Co-Dependence

Photo courtesy of photographer Gina Velasquez. She is great with in-home newborn photo shoots and I highly recommend her! Find her work and contact info at Pink Chair Cards and Photography .

A mother needs her son as much as her son needs his mother.

Why do I need Everitt just as badly he needs me? Breastfeeding takes two to tango. Without him, engorgement and pain occur. Without me, he won’t get the nutrition necessary for growth and development. Many women do not want to discuss their struggles with breastfeeding because of various reasons. Maybe they are worried about being ostracized by society; maybe because showing a side of yourself to the world that isn’t’ “perfect” is scary. Being vulnerable means you might not have it all together and when you think about it, who really does have it all together…no one. In my blog, I try to be very transparent about my joys and difficulties and wanted to share my last week’s struggle in hopes it can encourage other moms.

 

My struggle with breastfeeding is something most all moms can relate too…clogged ducts and mastitis. Unfortunately, mothers know too well what pain and agony this causes. A few weeks ago, I had felt a clogged duct coming on and was able to clear that out quickly. It was caused by wearing my pre-pregnancy sports bras. I had begun walking with my son and Emma; once we got back from our walk, it was time to feed and I would pull up the side of the sports bra that I was going to feed on. Quickly, I learned that this was causing milk flow restriction and was able to fix the problem immediately.
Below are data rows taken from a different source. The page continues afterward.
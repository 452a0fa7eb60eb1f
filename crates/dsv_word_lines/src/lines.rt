// Writes the lines of formats and of ranges, with no memory.
ghost use Rattle.std.specs.Prelude.{◌≡◌};
ghost use Rattle.dsv_base.specs.Taking.{Writes};
ghost use Rattle.dsv_word_lines.specs.WordLines.{is_end, is_cut, wide_mark, cut_mark};
ghost use Rattle.dsv_word_lines.specs.WordLines.{format_line, range_line};

use crate::line_parts::{LinePart, put_line_parts};
use dsv_base::{Failed, Sink};
use dsv_fraction::{Frac, TooWide};
use dsv_names::Named;
use dsv_word::Format;

/// What stands after a format whose accumulator is wide.
fn wide_mark(wide: bool) -> &'static [u8]
    ensures { result.now ≡ wide_mark wide }
{
    if wide { b" wide" } else { b"" }
}

/// Writes a format, and whether the accumulator is wide.
pub(crate) fn put_format_line<K: Sink>(
    sink: &mut K,
    format: Format,
    wide: bool,
) -> Result<(), Failed>
    ensures { Writes (K.seen sink.old) (K.seen sink.new) result (format_line format wide) }
{
    put_line_parts(
        sink,
        &[
            LinePart::Bytes(b"format "),
            LinePart::Count(u64::from(format.int_bits)),
            LinePart::Bytes(b" "),
            LinePart::Count(u64::from(format.frac_bits)),
            LinePart::Bytes(b" rounding "),
            LinePart::Bytes(format.rounding.name().as_bytes()),
            LinePart::Bytes(b" overflow-mode "),
            LinePart::Bytes(format.overflow.name().as_bytes()),
            LinePart::Bytes(wide_mark(wide)),
            LinePart::Bytes(b"\n"),
        ],
    )
}

/// Whether the whole number that an end of a range becomes is this word.
fn is_end(whole: Result<i128, TooWide>, word: i64) -> bool
    ensures { result ≡ is_end whole word }
{
    match whole {
        Ok(number) => number == i128::from(word),
        Err(_) => false,
    }
}

/// Whether the inputs from `lo` to `hi` are fewer than `min` and `max` allow, since the format has
/// no words for the others.
pub(crate) fn is_cut(format: Format, min: &Frac, max: &Frac, lo: i64, hi: i64) -> bool
    ensures { result ≡ is_cut format min.now max.now lo hi }
{
    !is_end(format.ceil_frac(min), lo) || !is_end(format.floor_frac(max), hi)
}

/// What stands after a range of which an end was cut.
fn cut_mark(cut: bool) -> &'static [u8]
    ensures { result.now ≡ cut_mark cut }
{
    if cut { b" cut" } else { b"" }
}

/// Writes the least and the greatest input, and whether an end was cut.
pub(crate) fn put_range_line<K: Sink>(
    sink: &mut K,
    lo: i64,
    hi: i64,
    cut: bool,
) -> Result<(), Failed>
    ensures { Writes (K.seen sink.old) (K.seen sink.new) result (range_line lo hi cut) }
{
    put_line_parts(
        sink,
        &[
            LinePart::Bytes(b"range "),
            LinePart::Number(i128::from(lo)),
            LinePart::Bytes(b" "),
            LinePart::Number(i128::from(hi)),
            LinePart::Bytes(cut_mark(cut)),
            LinePart::Bytes(b"\n"),
        ],
    )
}
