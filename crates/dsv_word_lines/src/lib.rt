//! The lines of a report that tell which file it is about, and the words of its coefficients.
#![tactic(auto)]

mod cascades;
mod coefficients;
mod control_characters;
mod controllers;
mod costs;
mod digests;
mod line_parts;
mod lines;
mod states;
mod text;

pub use cascades::put_cascade_lines;
pub use control_characters::put_shown;
pub use controllers::put_controller_lines;
pub use costs::put_costs;
pub use digests::{digest_of, put_digest};
pub use states::put_state_lines;
pub use text::TextSink;
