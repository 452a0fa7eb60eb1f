// A sink in memory that grows.
use dsv_base::{Bytes, Failed, Sink};
use std::alloc::Global;
use std::marker::Model;

/// A text in memory, which grows as it is written. A put fails if there is no memory for it.
#[derive(Drop)]
pub struct TextSink {
    /// The bytes that were taken.
    taken: Vec<u8>,
    /// How many puts failed; the count stands still at the last number that fits.
    faults: u64,
}

impl Model for TextSink {
    ghost use Rattle.dsv_word_lines.specs.Texts.{TextView};

    ghost Value = { TextView };

    ghost view = { λ s. record { taken = s.taken.items; faults = s.faults } };
}

impl TextSink {
    ghost use Rattle.std.specs.Prelude.{◌≡◌};
    ghost use Rattle.dsv_word_lines.specs.Texts.{empty_text};

    /// No text.
    pub fn new(alloc: Global) -> TextSink
        ensures { result ≡ empty_text }
    {
        TextSink {
            taken: Vec::new(alloc),
            faults: 0,
        }
    }

    /// The bytes that were taken.
    pub fn into_bytes(self) -> Bytes
        ensures { result ≡ self.taken }
    {
        Bytes::from(self.taken)
    }
}

impl Sink for TextSink {
    ghost use Rattle.std.specs.Prelude.{◌≡◌, ◌<◌, ◌≤◌, length, IfOk, OnErr, Some};
    ghost use Rattle.dsv_base.specs.Counts.{Rose};
    ghost use Rattle.dsv_word_lines.specs.Texts.{after_put};

    ghost seen = { λ s. record { taken = Some s.taken; faults = s.faults } };

    fn put(&mut self, piece: &[u8]) -> Result<usize, Failed>
        requires { 0 < length piece.now }
        ensures whole { IfOk result (λ c. c ≡ length piece.now) }
        ensures state { self.new ≡ after_put self.old piece.now result }
        ensures some { IfOk result (λ c. (1 ≤ c) × (c ≤ length piece.now)) }
        ensures faults { self.old.faults ≤ self.new.faults }
        ensures failed { OnErr result (Rose self.old.faults self.new.faults) }
    {
        match self.taken.extend_from_slice(piece) {
            Ok(()) => Ok(piece.len()),
            Err(_) => {
                self.faults = self.faults.saturating_add(1);
                Err(Failed)
            }
        }
    }
}
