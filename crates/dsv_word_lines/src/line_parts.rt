// Lines made of parts.
ghost use Rattle.std.specs.List.{flat_map};
ghost use Rattle.dsv_base.specs.Taking.{Writes};
ghost use Rattle.dsv_word_lines.specs.LineParts.{line_part_text};

use dsv_base::{Failed, Sink, put_all, put_number};

/// A part of a line: bytes as they stand, a count or a number in decimal.
#[derive(Clone, Copy)]
pub enum LinePart<'a> {
    Bytes(&'a [u8]),
    Count(u64),
    Number(i128),
}

/// Writes a part.
fn put_line_part<K: Sink>(sink: &mut K, part: &LinePart) -> Result<(), Failed>
    ensures { Writes (K.seen sink.old) (K.seen sink.new) result (line_part_text part.now) }
{
    match part {
        LinePart::Bytes(bytes) => put_all(sink, bytes),
        LinePart::Count(count) => put_number(sink, *count),
        LinePart::Number(number) => put_number(sink, *number),
    }
}

/// Writes parts one after another.
pub(crate) fn put_line_parts<K: Sink>(sink: &mut K, parts: &[LinePart]) -> Result<(), Failed>
    ensures { Writes (K.seen sink.old) (K.seen sink.new) result
        (flat_map line_part_text parts.now) }
{
    for part in parts {
        put_line_part(sink, part)?;
    }
    Ok(())
}
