// Digests of files, and the line that tells one.
ghost use Rattle.std.specs.Prelude.{◌≡◌};
ghost use Rattle.hex.specs.Hex.{encode_lower};
ghost use Rattle.sha2.specs.Sha256.{sha256};
ghost use Rattle.dsv_base.specs.Taking.{Writes};
ghost use Rattle.dsv_word_lines.specs.Digests.{digest_line, digits_text, name_text};

use crate::control_characters::put_shown;
use crate::line_parts::{LinePart, put_line_parts};
use dsv_base::{Failed, Sink, put_all};
use sha2::{Digest, Sha256};

/// The SHA-256 digest of the bytes.
pub fn digest_of(bytes: &[u8]) -> [u8; 32]
    ensures { result ≡ sha256 bytes.now }
{
    Sha256::digest(bytes)
}

/// A digest in lower-case hex digits.
fn digits_of(digest: &[u8; 32]) -> [u8; 64]
    ensures { result ≡ encode_lower digest.now }
{
    let mut digits = [0u8; 64];
    match hex::encode_to_slice(digest.as_slice(), &mut digits) {
        Ok(()) => digits,
        Err(_) => unreachable!(),
    }
}

/// Writes a digest, before the name in the same line.
fn put_digits<K: Sink>(sink: &mut K, digest: &[u8; 32]) -> Result<(), Failed>
    ensures { Writes (K.seen sink.old) (K.seen sink.new) result (digits_text digest.now) }
{
    put_line_parts(
        sink,
        &[
            LinePart::Bytes(b"sha256 "),
            LinePart::Bytes(digits_of(digest).as_slice()),
            LinePart::Bytes(b" "),
        ],
    )
}

/// Writes a name, up to the end of the line.
fn put_name<K: Sink>(sink: &mut K, name: &[u8]) -> Result<(), Failed>
    ensures { Writes (K.seen sink.old) (K.seen sink.new) result (name_text name.now) }
{
    put_shown(sink, name)?;
    put_all(sink, b"\n")
}

/// Writes the digest of a file and the file's name, with `?` for each control character. It takes
/// no memory.
pub fn put_digest<K: Sink>(sink: &mut K, digest: &[u8; 32], name: &str) -> Result<(), Failed>
    ensures { Writes (K.seen sink.old) (K.seen sink.new) result
        (digest_line digest.now name.now) }
{
    put_digits(sink, digest)?;
    put_name(sink, name.as_bytes())
}
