// Writes words of coefficients, with no memory.
ghost use Rattle.std.specs.Prelude.{[], ◌∷◌};
ghost use Rattle.dsv_base.specs.Taking.{Writes};
ghost use Rattle.dsv_word_lines.specs.WordLines.{coefficient_lines, delta_lines, words_line};

use dsv_base::{Failed, Sink, put_line};
use dsv_quantiser::Quantised;
use std::slice;

/// Writes a line of one word.
pub(crate) fn put_word_line<K: Sink>(sink: &mut K, name: &[u8], word: i64) -> Result<(), Failed>
    ensures { Writes (K.seen sink.old) (K.seen sink.new) result (words_line name.now (word ∷ [])) }
{
    put_line(sink, name, slice::from_ref(&word))
}

/// Writes delta's word, which a delta form has.
fn put_delta<K: Sink>(sink: &mut K, quantised: &Quantised) -> Result<(), Failed>
    ensures { Writes (K.seen sink.old) (K.seen sink.new) result (delta_lines quantised.now) }
{
    if !quantised.realisation().is_delta() {
        return Ok(());
    }
    put_word_line(sink, b"delta", quantised.delta())
}

/// Writes the words of both lists, and before them delta's in a delta form.
pub(crate) fn put_coefficients<K: Sink>(sink: &mut K, quantised: &Quantised) -> Result<(), Failed>
    ensures { Writes (K.seen sink.old) (K.seen sink.new) result (coefficient_lines quantised.now) }
{
    put_delta(sink, quantised)?;
    put_line(sink, b"b", quantised.b())?;
    put_line(sink, b"a", quantised.a())
}
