// Writes the words of state-space controllers, with no memory.
ghost use Rattle.dsv_base.specs.Taking.{Writes};
ghost use Rattle.dsv_word_lines.specs.WordLines.{direct_line, lane_lines, matrix_lines, row_lines};
ghost use Rattle.dsv_word_lines.specs.WordLines.{state_input_line, state_lines, state_head_lines};

use crate::coefficients::put_word_line;
use crate::lines::{is_cut, put_format_line, put_range_line};
use dsv_base::{Failed, Sink, put_line};
use dsv_state_file::StateFile;
use dsv_state_space::{StateSystem, WordRow};

/// Writes the range of the inputs.
fn put_state_inputs<K: Sink>(
    sink: &mut K,
    file: &StateFile,
    system: &StateSystem,
) -> Result<(), Failed>
    ensures { Writes (K.seen sink.old) (K.seen sink.new) result
        (state_input_line file.now system.now) }
{
    let lo = system.xlo();
    let hi = system.xhi();
    let cut = is_cut(system.format(), file.min(), file.max(), lo, hi);
    put_range_line(sink, lo, hi, cut)
}

/// Writes the lines before the matrices: the format and the range of the inputs.
fn put_state_head<K: Sink>(
    sink: &mut K,
    file: &StateFile,
    system: &StateSystem,
) -> Result<(), Failed>
    ensures { Writes (K.seen sink.old) (K.seen sink.new) result
        (state_head_lines file.now system.now) }
{
    put_format_line(sink, system.format(), false)?;
    put_state_inputs(sink, file, system)
}

/// Writes the rows of A.
fn put_rows<K: Sink>(sink: &mut K, rows: &[WordRow]) -> Result<(), Failed>
    ensures { Writes (K.seen sink.old) (K.seen sink.new) result (row_lines rows.now) }
{
    for row in rows {
        put_line(sink, b"a", row.as_slice())?;
    }
    Ok(())
}

/// Writes d.
fn put_direct<K: Sink>(sink: &mut K, system: &StateSystem) -> Result<(), Failed>
    ensures { Writes (K.seen sink.old) (K.seen sink.new) result (direct_line system.now) }
{
    put_word_line(sink, b"d", system.d())
}

/// Writes b, c and d.
fn put_lanes<K: Sink>(sink: &mut K, system: &StateSystem) -> Result<(), Failed>
    ensures { Writes (K.seen sink.old) (K.seen sink.new) result (lane_lines system.now) }
{
    put_line(sink, b"b", system.b())?;
    put_line(sink, b"c", system.c())?;
    put_direct(sink, system)
}

/// Writes A row by row, b, c and d.
fn put_matrices<K: Sink>(sink: &mut K, system: &StateSystem) -> Result<(), Failed>
    ensures { Writes (K.seen sink.old) (K.seen sink.new) result (matrix_lines system.now) }
{
    put_rows(sink, system.a())?;
    put_lanes(sink, system)
}

/// Writes the format of a state-space controller's words, the range of its inputs, which its file
/// says, and the words of A row by row, b, c and d, by the names that the file gives them. It takes
/// no memory.
pub fn put_state_lines<K: Sink>(
    sink: &mut K,
    file: &StateFile,
    system: &StateSystem,
) -> Result<(), Failed>
    ensures { Writes (K.seen sink.old) (K.seen sink.new) result
        (state_lines file.now system.now) }
{
    put_state_head(sink, file, system)?;
    put_matrices(sink, system)
}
The clogged duct cleared up and I was pain free.

 

This time, I had no warning leading up to this terrible experience. For the last week, I have been dealing with mastitis. Mastitis is basically a clogged breast duct that gets infected. The infected duct is usually red, hot to the touch and very painful. Last Saturday night the mastitis came on like a freight train between two feedings. One moment I felt great and was feeding smoothly and the next, I was crying through the feeding because of the pain. I didn’t know what to do or why it happened. Breastfeeding, massaging the painful area, taking hot baths and showers and drinking lots of water was my focus. Once I got the left side resolved, my right side was clogged.

 

It seemed as though I went from healthy to extreme pain in minutes. As you can imagine, I was completely disheartened. Just as the left side was getting better, the right side was impacted. I was even more disheartened because I had planned on going on my first run Sunday morning since giving birth. Gravity itself made me hurt and the last thing I wanted to do was bounce around so running was out of the question.

 

Tuesday night was when I developed mastitis on my right side. On Wednesday, I remember praying, “God I know you can take this away. Why don’t you? Why won’t you give me some relief? I want to focus on my son and being in his life rather than taking baths and using a heating pad to get better.” It was so frustrating to be going through something so painful when knowing my Creator could take it away so easily. I remember praying, “Lord if you take it away I will write my testimony and give you the glory.” Of course it was my hope saying that, the milk would immediately disappear and everything would be amazing again. Unfortunately, immediate relief did not happen. Much to my frustration, Thursday morning I woke up with very tender areas and a broken spirit. One of the aids for mastitis is rest. So after Everitt’s first feeding of the day, I went back to bed rather than getting up and starting my day. When I woke up for his next feeding, there was a dramatic difference! I couldn’t believe it; it was like night and day! At first my mind began trying to figure out what helped and made such a dramatic difference. Was it the probiotic, drinking more water, taking a hot bath, the heating pad, sunflower lecithin…..then, I thought to myself “to God be the glory” and praised Him for relief. There can be no other explanation for such a fast change in my situation. I was about ready to give up hope of ever feeling better.  In my situation, I am going to give God the glory for my recovery as I have no other explanation.

 

Getting mastitis again terrifies me. It is excruciating and the only way through it is to do the very thing that causes more pain, breastfeed. Looking back, the cause for my mastitis could have been dehydration, sleep deprivation or stress but I really don’t know for sure. I do know that it is my prayer that I never go through that again and that mothers out there suffering from this horrible situation can know they are not alone. If you are suffering, get help and support. Some things that provided relief for me was the heating pad, drinking lots of water (about a gallon), taking hot showers/baths and prayer. Hopefully this provides some encouragement for mothers who are currently struggling and in pain.